從原則上去講,雙規地方上的干部,是有必要知會當地的黨委一把手一下的。而現在這份文件上的兩個簽名卻表明,此次雙規直接避開了吳衛國。
難道怕吳衛國替他周旋?
進了紀委,就不要想著能夠完好無損的走出來,雖然不是身體上的,但是精神上所受到的折磨遠非**上可以比擬的。[]
就如同順口溜所講的,一張郵票八分錢,至少惡心你半年。
這還只是輕的。
進了紀委,就甭想著這麼輕而易舉的出來。這是共識。
況且剛才已經說了,已經確認部分屬實。
而這屬實的,到底是什麼哪?
黃子軒剛剛略微有些不安的感覺已經消散了。

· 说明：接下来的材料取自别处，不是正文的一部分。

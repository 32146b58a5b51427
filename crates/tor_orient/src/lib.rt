//! The preferred orientation: edges are settled in a given order, and each gets the provider that it wants, if some orientation that
//! serves the paths agrees with that and with all edges before it.
#![tactic(auto)]

mod failing;
mod finding;
mod orienting;
mod settling;

pub use orienting::{orient, orient_in};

取而代之的是憤怒。
看著爸爸從容不迫的從兜里面掏出鋼筆,刷刷的簽上自己的名字,卻是一臉淡然的回過頭,「我相信你已經長大了。照顧好你媽。你爸我是清白的,誰都不能怎麼著我。」在這一刻,黃子軒覺得原本稍顯理想化和書生氣的形象逐漸消失,一種正氣和堅毅的氣質逐漸從他身上凸現出來。
他是清白的。
「我信。我媽也信。全洪城老老少少,看得到這段時間的變化的人都會信。」不知怎麼的,黃子軒突然覺得眼角發澀,有種想要流淚的感覺。

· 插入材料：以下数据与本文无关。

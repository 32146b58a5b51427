//! The picture as data.
ghost use Rattle.std.specs.Prelude.{◌≡◌, ◌+◌, ◌<◌, ◌≤◌, ◌^◌, [], ◌++◌, length, map, All, OnOk, IfOk};
ghost use Rattle.std.specs.List.{enumerate_from};
ghost use Rattle.drawing.specs.declared.group.Group.{Group};
ghost use Rattle.drawing.specs.declared.drawing.BoxEntry.TheVariants as entry;
ghost use Rattle.drawing.specs.Entries.{box_entries};
ghost use Rattle.drawing.specs.Neighbours.{SortedNeighbours, tally};
ghost use Rattle.drawing.specs.Page.{IsSmall, IsCell, band_y, customers_y, peers_y, rows_above, rows_of};
ghost use Rattle.drawing.specs.Picture.{IsDrawingOf, IsDrawn, HasCells, item_of, items_of, post_of, link_of, high_band, near_band, bands_of};
ghost use Rattle.drawing.specs.Picture.{columns_of, plan_of, drawing_with, drawing_from};
ghost use Rattle.drawing.specs.Svg.{IsLow};
ghost use Rattle.drawing.specs.Tidy.{IsTidy};

use crate::group::{Group, Neighbour, NeighbourCounts, Tally};
use crate::neighbours::{sorted_neighbours, tally};
use crate::page::{PageLine, Plan, Rect, Slant};
use crate::tower::{Perch, Tie, Tower, tower_of};
use relationships::Mark;
use result_text::EdgeLine;
use std::alloc::Global;
use tor_arena::{Keys, List, NoMemory};

/// What a box stands for.
#[derive(Clone, Copy)]
pub enum BoxEntry {
    /// A neighbour.
    One(Neighbour),
    /// So many neighbours of a group that are left out.
    More(u64),
}

/// A box with what it stands for, and the line that leads to it from the box in the centre.
#[derive(Clone, Copy)]
pub struct Item {
    /// What the box stands for.
    pub entry: BoxEntry,
    /// Its group.
    pub group: Group,
    /// Where the box stands.
    pub at: Rect,
    /// The line.
    pub line: PageLine,
}

/// A box of a further generation of providers.
#[derive(Clone, Copy)]
pub struct Post {
    /// What the box stands for. An AS is a neighbour by an edge to one that is drawn below it, of the greatest support.
    pub entry: BoxEntry,
    /// Where the box stands.
    pub at: Rect,
}

/// A line from an AS that is drawn up to its provider in the next generation.
#[derive(Clone, Copy)]
pub struct RisingLine {
    /// The box of the customer.
    pub lower: Rect,
    /// The box of the provider.
    pub upper: Rect,
    /// The line.
    pub line: Slant,
    /// Whether the label of the edge could be another one.
    pub mark: Mark,
}

/// What is said of some of the ASes of a band, or of all.
#[derive(Clone, Copy)]
pub enum BandPart {
    /// So many of them are neighbours by a forced edge.
    Forced(u64),
    /// They are so many steps above the AS that is asked for.
    StepsUp(u64),
}

/// A band of the page, behind a group or a generation.
#[derive(Clone, Copy)]
pub struct Band {
    /// Where it lies.
    pub at: Rect,
    /// The group. A further generation is one of providers.
    pub group: Group,
    /// How many ASes there are, drawn or not.
    pub all: u64,
    /// What is said of them.
    pub part: BandPart,
}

他確信這不是因為此刻的情況而想要流淚。是因為他從此時的老爸身上,看到了很多人的影子。那種自信和堅毅,感染了他忍不住想要流淚。
看著此刻驚慌但又強自忍住的老媽,黃子軒上前,幫爸爸整了下衣領,將剛剛喝酒時已經松歪的領帶重新束好。
「我和老媽等著你回來。老爸你不會有事的,放心。」
「去找吳書記。」黃明恆低頭在已經和自己一般高的黃子軒的耳邊上小聲的留下了這麼一句話。看著旁邊欲言又止的紀委工作人員,突然很暢快的笑了出來,「方組長,還有什麼要查的嗎?」
「去搜!」方少強大手一揮,直接下令,卻又抽出一張搜查令來遞給黃明恆。
「呵呵,準備的挺齊全的啊,可是下了不少的功夫吧!」黃明恆淡然的笑在方少強的眼中是異常的刺眼,恨不得立即將他塞到車里去,卻又不得不一副好臉色,「黃副縣長,請注意言辭。我們是代表神聖的中國共*產黨紀檢委員會,一切都是按照規章流程執行,如有什麼不周之處,還望能夠諒解。」
黃子軒和老媽就這麼冷眼看著進進出出的一幫人忙碌著翻箱倒櫃。
廁所、冰箱、洗衣機,連帶著夾層屋頂都被翻了個遍。終于,在臥室里傳來了一個略帶興奮和顫抖的聲音,「方組長,贓款,找到了。」
看著被工作組人員小心翼翼的用刀片扯開反復纏在外面的一條條透明膠布纏繞著的包裹,露出了讓人吃驚的藍色。此時方組長的臉上卻如釋重負般的露出了一抹得意的微笑。雖然掩飾的很好,卻怎麼也無法逃月兌一直關注這他一舉一動的兩雙眼楮。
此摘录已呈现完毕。